#### Dataset extract ####
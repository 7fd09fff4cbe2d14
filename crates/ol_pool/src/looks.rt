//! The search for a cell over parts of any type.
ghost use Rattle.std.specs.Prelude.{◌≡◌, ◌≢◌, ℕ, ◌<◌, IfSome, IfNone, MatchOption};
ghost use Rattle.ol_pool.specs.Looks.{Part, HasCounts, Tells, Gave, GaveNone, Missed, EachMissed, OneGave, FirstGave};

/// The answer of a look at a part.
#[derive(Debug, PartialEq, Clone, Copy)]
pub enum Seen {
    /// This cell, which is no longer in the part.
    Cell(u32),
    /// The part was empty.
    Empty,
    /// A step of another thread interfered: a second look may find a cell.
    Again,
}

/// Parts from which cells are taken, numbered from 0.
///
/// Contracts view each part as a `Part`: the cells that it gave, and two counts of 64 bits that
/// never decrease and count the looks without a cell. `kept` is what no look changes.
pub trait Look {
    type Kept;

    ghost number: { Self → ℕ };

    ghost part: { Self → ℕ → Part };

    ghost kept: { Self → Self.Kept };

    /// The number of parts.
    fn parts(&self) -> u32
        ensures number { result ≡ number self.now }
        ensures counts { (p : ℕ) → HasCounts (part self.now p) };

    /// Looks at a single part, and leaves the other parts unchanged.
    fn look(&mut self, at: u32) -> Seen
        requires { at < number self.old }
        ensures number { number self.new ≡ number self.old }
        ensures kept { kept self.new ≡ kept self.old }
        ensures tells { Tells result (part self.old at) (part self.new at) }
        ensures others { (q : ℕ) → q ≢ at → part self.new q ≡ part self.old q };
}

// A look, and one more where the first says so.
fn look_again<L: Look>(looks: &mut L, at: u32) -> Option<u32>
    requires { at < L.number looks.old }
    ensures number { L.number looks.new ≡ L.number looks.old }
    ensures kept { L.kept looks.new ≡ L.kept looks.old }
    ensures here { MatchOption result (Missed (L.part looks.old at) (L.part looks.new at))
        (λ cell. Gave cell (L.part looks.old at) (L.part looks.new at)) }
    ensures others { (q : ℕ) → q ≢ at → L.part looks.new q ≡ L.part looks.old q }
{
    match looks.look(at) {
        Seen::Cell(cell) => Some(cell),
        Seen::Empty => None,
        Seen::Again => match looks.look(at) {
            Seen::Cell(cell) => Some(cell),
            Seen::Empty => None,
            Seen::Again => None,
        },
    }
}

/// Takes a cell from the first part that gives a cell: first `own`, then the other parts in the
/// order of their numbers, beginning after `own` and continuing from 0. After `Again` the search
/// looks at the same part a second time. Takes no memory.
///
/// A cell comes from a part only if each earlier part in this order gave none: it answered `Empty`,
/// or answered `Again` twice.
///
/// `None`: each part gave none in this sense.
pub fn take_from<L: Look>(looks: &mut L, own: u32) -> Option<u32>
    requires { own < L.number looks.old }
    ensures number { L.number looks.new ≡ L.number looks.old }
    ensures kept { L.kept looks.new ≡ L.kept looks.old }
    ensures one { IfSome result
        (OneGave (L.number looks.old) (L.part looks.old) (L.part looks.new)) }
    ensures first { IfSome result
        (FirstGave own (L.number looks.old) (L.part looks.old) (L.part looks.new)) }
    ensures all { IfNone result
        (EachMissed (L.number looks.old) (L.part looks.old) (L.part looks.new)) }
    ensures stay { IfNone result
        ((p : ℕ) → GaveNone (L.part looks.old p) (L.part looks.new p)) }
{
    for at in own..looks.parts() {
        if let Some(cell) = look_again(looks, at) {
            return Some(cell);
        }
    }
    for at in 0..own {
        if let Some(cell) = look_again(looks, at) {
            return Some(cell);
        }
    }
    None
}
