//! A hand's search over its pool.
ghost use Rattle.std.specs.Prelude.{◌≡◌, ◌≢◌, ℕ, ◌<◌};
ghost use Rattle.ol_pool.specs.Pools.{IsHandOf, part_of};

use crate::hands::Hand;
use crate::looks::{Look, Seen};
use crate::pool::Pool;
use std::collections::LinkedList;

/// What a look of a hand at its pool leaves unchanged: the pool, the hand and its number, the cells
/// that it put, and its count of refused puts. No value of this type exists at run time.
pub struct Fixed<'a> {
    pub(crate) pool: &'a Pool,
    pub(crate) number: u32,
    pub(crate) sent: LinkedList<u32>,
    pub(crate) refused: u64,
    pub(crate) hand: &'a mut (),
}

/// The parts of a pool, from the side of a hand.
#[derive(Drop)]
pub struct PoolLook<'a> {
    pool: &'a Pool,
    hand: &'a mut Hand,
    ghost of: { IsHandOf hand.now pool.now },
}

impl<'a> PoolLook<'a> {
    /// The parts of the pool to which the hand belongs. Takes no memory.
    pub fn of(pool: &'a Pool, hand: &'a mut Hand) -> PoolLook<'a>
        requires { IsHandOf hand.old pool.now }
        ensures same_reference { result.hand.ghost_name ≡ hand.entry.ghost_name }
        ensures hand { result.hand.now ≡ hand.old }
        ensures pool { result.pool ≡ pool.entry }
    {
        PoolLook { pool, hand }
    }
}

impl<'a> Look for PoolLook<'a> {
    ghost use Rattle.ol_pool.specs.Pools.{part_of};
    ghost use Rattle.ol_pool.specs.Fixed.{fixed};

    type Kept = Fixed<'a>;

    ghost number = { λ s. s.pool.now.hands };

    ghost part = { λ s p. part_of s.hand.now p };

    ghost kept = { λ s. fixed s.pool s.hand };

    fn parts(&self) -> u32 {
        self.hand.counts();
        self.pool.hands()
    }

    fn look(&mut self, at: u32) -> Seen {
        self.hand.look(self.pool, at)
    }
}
####
#### Dataset extract ####
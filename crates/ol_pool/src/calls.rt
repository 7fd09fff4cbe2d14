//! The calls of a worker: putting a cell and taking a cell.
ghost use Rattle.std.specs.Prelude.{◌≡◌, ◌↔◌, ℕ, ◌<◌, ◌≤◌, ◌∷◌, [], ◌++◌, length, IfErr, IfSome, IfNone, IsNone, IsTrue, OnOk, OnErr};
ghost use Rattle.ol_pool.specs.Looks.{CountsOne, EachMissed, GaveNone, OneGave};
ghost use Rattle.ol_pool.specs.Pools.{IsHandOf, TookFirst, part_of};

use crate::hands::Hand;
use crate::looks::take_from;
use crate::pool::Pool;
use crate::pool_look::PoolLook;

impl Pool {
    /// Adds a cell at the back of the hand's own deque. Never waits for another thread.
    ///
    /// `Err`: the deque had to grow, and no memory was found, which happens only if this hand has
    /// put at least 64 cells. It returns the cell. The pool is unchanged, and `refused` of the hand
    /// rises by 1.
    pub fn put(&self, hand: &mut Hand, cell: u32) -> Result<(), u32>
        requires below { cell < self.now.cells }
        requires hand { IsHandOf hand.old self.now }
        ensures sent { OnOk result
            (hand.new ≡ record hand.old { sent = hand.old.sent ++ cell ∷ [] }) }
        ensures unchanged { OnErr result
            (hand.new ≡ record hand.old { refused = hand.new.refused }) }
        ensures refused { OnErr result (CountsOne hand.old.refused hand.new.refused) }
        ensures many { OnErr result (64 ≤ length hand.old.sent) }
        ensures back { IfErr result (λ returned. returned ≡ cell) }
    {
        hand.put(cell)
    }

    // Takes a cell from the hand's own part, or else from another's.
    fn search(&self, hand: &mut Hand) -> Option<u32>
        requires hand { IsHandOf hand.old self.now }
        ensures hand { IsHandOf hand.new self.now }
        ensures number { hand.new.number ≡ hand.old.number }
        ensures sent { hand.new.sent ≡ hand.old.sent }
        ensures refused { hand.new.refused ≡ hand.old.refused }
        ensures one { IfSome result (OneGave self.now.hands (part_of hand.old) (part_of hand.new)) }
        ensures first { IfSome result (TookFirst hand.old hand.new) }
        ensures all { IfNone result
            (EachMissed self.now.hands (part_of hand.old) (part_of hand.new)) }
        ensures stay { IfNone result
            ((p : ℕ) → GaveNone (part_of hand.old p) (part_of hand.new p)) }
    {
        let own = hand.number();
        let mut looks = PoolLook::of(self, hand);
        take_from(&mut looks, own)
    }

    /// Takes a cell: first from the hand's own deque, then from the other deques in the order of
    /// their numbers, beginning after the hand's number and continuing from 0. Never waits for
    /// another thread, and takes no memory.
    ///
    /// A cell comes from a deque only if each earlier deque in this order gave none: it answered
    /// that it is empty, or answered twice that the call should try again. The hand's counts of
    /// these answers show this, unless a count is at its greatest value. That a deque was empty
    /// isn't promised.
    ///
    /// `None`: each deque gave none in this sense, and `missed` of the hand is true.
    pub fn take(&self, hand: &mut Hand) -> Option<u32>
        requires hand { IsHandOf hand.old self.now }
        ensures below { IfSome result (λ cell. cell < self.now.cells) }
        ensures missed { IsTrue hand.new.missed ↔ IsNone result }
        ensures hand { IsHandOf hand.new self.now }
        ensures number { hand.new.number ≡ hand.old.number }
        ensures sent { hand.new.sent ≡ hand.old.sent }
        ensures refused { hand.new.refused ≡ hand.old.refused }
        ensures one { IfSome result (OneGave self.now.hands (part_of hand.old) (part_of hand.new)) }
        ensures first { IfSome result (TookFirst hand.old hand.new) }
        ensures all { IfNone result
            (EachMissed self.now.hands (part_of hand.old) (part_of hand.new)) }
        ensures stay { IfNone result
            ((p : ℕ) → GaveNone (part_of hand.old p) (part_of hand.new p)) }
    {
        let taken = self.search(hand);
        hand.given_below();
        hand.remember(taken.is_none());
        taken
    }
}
####
#### Dataset extract ####
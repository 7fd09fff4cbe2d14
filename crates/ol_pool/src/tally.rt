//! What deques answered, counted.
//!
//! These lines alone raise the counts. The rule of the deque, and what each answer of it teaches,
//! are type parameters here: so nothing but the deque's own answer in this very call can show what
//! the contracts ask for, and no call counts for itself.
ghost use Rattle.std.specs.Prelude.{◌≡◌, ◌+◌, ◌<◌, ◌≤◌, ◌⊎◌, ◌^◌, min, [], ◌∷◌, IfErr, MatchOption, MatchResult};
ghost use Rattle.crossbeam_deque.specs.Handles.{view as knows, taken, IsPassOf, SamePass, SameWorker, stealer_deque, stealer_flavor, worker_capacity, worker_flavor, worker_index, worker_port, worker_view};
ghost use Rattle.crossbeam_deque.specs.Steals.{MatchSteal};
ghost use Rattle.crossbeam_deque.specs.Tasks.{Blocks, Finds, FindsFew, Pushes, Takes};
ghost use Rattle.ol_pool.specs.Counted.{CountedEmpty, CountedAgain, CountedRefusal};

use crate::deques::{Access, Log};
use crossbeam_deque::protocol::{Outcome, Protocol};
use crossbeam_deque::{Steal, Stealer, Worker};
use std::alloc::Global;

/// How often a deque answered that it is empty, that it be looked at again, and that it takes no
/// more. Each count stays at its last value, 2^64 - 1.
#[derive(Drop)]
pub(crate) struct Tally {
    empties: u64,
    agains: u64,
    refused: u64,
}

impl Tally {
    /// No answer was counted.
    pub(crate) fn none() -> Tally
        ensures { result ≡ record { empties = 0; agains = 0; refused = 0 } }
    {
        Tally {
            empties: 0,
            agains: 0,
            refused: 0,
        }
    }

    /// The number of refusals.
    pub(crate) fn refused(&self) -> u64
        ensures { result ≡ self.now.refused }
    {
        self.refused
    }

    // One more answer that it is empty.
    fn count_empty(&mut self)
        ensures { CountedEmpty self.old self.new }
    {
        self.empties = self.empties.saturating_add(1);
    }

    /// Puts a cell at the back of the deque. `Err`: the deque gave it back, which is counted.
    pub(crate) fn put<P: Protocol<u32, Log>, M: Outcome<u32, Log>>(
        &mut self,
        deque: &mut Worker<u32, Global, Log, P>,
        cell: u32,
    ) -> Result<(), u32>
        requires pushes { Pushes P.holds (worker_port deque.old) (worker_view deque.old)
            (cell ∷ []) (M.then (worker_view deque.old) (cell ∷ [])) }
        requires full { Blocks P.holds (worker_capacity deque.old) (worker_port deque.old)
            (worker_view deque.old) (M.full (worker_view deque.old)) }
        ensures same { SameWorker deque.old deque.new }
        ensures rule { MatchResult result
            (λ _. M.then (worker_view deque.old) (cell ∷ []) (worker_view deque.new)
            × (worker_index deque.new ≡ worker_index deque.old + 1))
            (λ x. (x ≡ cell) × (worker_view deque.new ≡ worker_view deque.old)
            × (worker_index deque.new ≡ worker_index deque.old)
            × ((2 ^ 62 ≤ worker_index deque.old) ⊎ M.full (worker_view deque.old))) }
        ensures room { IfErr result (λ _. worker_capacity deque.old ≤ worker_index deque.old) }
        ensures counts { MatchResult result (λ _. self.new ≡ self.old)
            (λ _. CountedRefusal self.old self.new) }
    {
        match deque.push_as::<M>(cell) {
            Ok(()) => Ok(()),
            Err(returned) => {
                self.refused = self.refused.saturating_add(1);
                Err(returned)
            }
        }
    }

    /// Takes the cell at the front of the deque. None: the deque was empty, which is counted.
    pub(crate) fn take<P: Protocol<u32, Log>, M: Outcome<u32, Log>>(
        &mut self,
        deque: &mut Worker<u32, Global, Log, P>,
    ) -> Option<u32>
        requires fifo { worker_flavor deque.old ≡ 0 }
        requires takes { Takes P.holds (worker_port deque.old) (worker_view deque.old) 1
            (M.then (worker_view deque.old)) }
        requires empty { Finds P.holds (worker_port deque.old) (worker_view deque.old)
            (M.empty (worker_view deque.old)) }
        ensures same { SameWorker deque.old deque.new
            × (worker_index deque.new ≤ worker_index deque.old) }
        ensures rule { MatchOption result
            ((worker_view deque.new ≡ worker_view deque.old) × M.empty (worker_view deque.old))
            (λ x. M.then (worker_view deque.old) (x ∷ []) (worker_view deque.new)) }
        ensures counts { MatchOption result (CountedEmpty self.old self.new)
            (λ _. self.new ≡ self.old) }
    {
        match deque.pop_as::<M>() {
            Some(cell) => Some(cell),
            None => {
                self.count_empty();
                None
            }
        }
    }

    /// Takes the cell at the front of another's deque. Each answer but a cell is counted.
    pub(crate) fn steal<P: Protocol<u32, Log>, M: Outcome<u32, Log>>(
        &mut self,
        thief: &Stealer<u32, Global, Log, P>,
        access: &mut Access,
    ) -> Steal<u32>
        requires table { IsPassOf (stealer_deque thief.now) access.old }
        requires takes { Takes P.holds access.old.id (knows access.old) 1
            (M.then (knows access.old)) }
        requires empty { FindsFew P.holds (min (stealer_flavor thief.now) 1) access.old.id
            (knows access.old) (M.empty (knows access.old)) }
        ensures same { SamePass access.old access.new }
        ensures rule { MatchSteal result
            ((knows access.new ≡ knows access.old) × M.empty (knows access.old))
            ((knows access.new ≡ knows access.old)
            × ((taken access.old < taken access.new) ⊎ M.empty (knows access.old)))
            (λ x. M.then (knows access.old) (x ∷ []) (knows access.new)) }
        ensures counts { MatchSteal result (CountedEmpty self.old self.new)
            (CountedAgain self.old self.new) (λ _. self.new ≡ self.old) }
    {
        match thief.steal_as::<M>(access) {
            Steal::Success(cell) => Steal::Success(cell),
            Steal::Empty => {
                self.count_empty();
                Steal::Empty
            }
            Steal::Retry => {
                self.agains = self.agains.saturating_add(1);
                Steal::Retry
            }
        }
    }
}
####
▶ Prompt: Among the lines of the records, copy out each one that contains the word "search".

▶ Solved exercise:
//! The search for a cell over parts of any type.
/// order of their numbers, beginning after `own` and continuing from 0. After `Again` the search
//! A hand's search over its pool.
    fn search(&self, hand: &mut Hand) -> Option<u32>
        let taken = self.search(hand);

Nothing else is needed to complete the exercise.